Joseph Juran is well known for his book, the Quality Control
Handbook published in 1951. He too went to Japan in the 1950s after
working at Western Electric to teach the principles of quality
management as they worked to improve their economy. His school of
thought was different from Deming's in that he believed to improve
quality companies should use systems with which managers are already
familiar. When consulting firms, he would design programs that fit the
company's existing strategic efforts to ensure minimal rejection by
staff. The main points he taught were known as the Quality Trilogy:
Quality Planning, Quality Control and Quality Improvement. Quality
planning was the process of preparing companies to meet quality goals by
identifying the customers and their needs. Quality control was the
process of meeting quality goals during operations with minimal
inspection. Quality improvement was the process of breaking through to
unprecedented levels of performance to produce the product (Evans and
Lindsay, 2004). His philosophy required a commitment from top management
to implement the quality control techniques and emphasized training
initiatives for all.
The third philosopher who contributed greatly to six-sigma was
Philip Crosby. Crosby worked as the Corporate VP for Quality at
International Telephone and Telegraph for 14 years. His most well-known
work is the book Quality is Free where he emphasized management should
"do it right the first time" and popularized the idea of the
"cost of poor quality." Crosby emphasized that management must
first set requirements and those are on which the degree of quality will
be judged. He also believed doing things right the first time to prevent
defects would always be cheaper than fixing problems which developed
into the cost of poor quality idea. Similar to six-sigma, Crosby focused
on zero defects and created four Absolutes of Quality Management to
ensure that goal was accomplished Skymark Corporation (2007):
1. Quality is defined as conformance to requirements, not as
"goodness" or "elegance"
2. The system for causing quality is prevention, not appraisal
3. The measurement standard must be zero defects, not that's
close enough
4. The measurement of quality is the Price of Nonconformance, not
indices.
These philosophies have been categorized as more evolutionary
because the changes resulting from their implementation were more
gradual. As time continued, managers became increasingly disappointed
with TQM and searched for philosophies that would create more drastic
changes in the existing processes and systems. These revolutionary
processes recognized that processes are key to quality, that most
processes are poorly designed and implemented, that overall success is
sensitive to individual sub-processes success rates and that rapid,
dramatic change requires looking at the entire process. One of the first
of these revolutionary philosophies was Reengineering. Reengineering is
defined as the fundamental rethinking and radical redesign of business
processes to achieve dramatic improvements in critical, contemporary
measures of performance Benedetto (2003). It places heavy reliance on
statistics and quantitative analysis.
Six-sigma emerged during this revolutionary time period after
reengineering. The two approaches are very similar but also have many
differences. Whereas reengineering focuses on the statistical aspect,
Six-sigma places more emphasis on data to drive decisions. When
comparing six-sigma to Total Quality Management it is very apparent that
great changes have come about in the evolution of quality. Six-sigma has
a more structured and rigorous training development program for those
professionals using it. Six-sigma is a program owned by the business
leaders, also known as champions, while TQM programs are based on worker
empowerment. Six-sigma is cross functional and requires a verifiable
return on investment in contrast to TQM's function or process based
methodology that has little financial accountability Evans and Lindsay
(2004).
Six-sigma started as a problem solving approach to reduce variation
in a product and manufacturing environment. It has since grown to be
used in a multitude of other industries and business areas such as
service, healthcare and research and development. It represents a
structured thought process that begins with first thoroughly
understanding the requirements before proceeding or taking any action.

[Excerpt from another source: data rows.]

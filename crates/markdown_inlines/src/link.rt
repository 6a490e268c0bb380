//! Links (CommonMark): the nodes Link and LinkReference of mdast.
//!
//! In markdown-rs: `on_exit_media`, for a link.

ghost use Rattle.std.specs.Prelude.{◌≡◌, ◌≤◌, ◌+◌, IfOk};
ghost use Rattle.markdown_nodes.specs.View.{view, views};
ghost use Rattle.markdown_grammar.specs.Buffers.{node_count};
ghost use Rattle.markdown_parts.specs.PartsSoFar.{IsNode, placed};
ghost use Rattle.markdown_inlines.specs.Labels;
ghost use Rattle.markdown_inlines.specs.Media.{link_by_label, link_by_name, link_of, media};

use crate::autolink::link_to;
use crate::label::{Label, identified, label_nodes};
use crate::media::{MediaParts, ReferenceParts, ResourceParts, Target};
use markdown_nodes::mdast::{LinkReference, Node, ReferenceKind};
use markdown_nodes::steps::Steps;
use markdown_nodes::unist::Position;
use markdown_parts::label::Identified;
use std::alloc::{AllocError, Global};

impl MediaParts<'_> {
    /// Returns the node of a link. With a resource it leads there. Without one it refers to the
    /// name in its reference, or else in its label.
    ///
    /// For `[a](b)` it is a Link to `b`, and for `[a]` a LinkReference to `a`, each with the text
    /// `a` in it. Reading a label that is referred to takes one step for each node in it.
    pub fn link(
        self,
        alloc: Global,
        steps: &mut Steps<'_>,
        position: Position,
    ) -> Result<Node, AllocError>
        ensures node { IfOk result (IsNode (link_of self.entry) (media self.entry).label position) }
        ensures list { steps.new.events ≡ steps.old.events }
        ensures bound { steps.new.count ≤ steps.old.count + node_count (media self.entry).label }
    {
        let MediaParts { label, target } = self;
        match target {
            Target::Resource(ResourceParts { destination, title }) => {
                let url = destination.unwrap_or(String::new(alloc));
                Ok(link_to(label_nodes(alloc, label), position, url, title))
            }
            Target::Label => {
                link_by_label(alloc, steps, label, position, ReferenceKind::Shortcut)
            }
            Target::Reference(ReferenceParts { string }) => match string {
                None => link_by_label(alloc, steps, label, position, ReferenceKind::Collapsed),
                Some(named) => {
                    let children = label_nodes(alloc, label);
                    Ok(link_reference(children, position, ReferenceKind::Full, named))
                }
            },
        }
    }
}

/// Returns a link by reference to the name in its label.
fn link_by_label(
    alloc: Global,
    steps: &mut Steps<'_>,
    label: Option<Label<'_>>,
    position: Position,
    reference_kind: ReferenceKind,
) -> Result<Node, AllocError>
    ensures node { IfOk result (IsNode (link_by_label reference_kind label.entry) (Labels.label_nodes label.entry) position) }
    ensures list { steps.new.events ≡ steps.old.events }
    ensures bound { steps.new.count ≤ steps.old.count + node_count (Labels.label_nodes label.entry) }
{
    let named = identified(alloc, steps, &label)?;
    let children = label_nodes(alloc, label);
    Ok(link_reference(children, position, reference_kind, named))
}

/// Returns a link by reference to this name.
fn link_reference(
    children: Vec<Node>,
    position: Position,
    reference_kind: ReferenceKind,
    named: Identified,
) -> Node
    ensures { view result ≡ placed (link_by_name reference_kind named) (views children.items) position }
{
    let Identified { identifier, label } = named;
    Node::LinkReference(LinkReference {
        children,
        position: Some(position),
        reference_kind,
        identifier,
        label: Some(label),
    })
}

Those requirements define the deliverables to be produced and the tasks
to produce those deliverables which in turn illustrate the tools to be
used to complete the tasks and produce the deliverables Hambleton
(2007). Six-sigma was initiated in the 1980s by Motorola. The company
was looking to focus its quality efforts on reducing manufacturing
defects by tenfold within a five-year period. This goal was then revised
to a tenfold improvement every two years, 100-fold every four years and
3.4 defects per million in five years Gitlow & Levine (2005). A
defect in six-sigma terms is any factor that interferes with
profitability, cash flow or meeting the customers' needs and
expectations. This led to the next important concept of six-sigma:
critical to quality. Critical-to-Quality (CTQ) items are points of
importance to the customer be it internally or externally, Adomitis and
Samuels (2003). Six-sigma projects aim to improve CTQs because research
has proven that a high number of CTQs correlates with lost customers and
reduced profitability. Ultimately, the company will have reduced the
number of defects and focused on the CTQs such that it will cost more to
correct the defects any further than to prevent their occurrence in the
first place.
This thought was advanced in the 1980s by Dr. Genichi Taguchi with
his Quality Loss function. Prior to that time, it was thought that the
customer would accept anything within the tolerance range and that
product costs do not depend on the actual amount of variation as long as
it was still within the tolerance range, Evans and Lindsay (2004).
Taguchi introduced a model that discredited that school of thought by
showing the approximate financial loss for any deviation from a
specified target value--an idea that coincides with six-sigma's
inclusion of financial data in the assessment of a process or function.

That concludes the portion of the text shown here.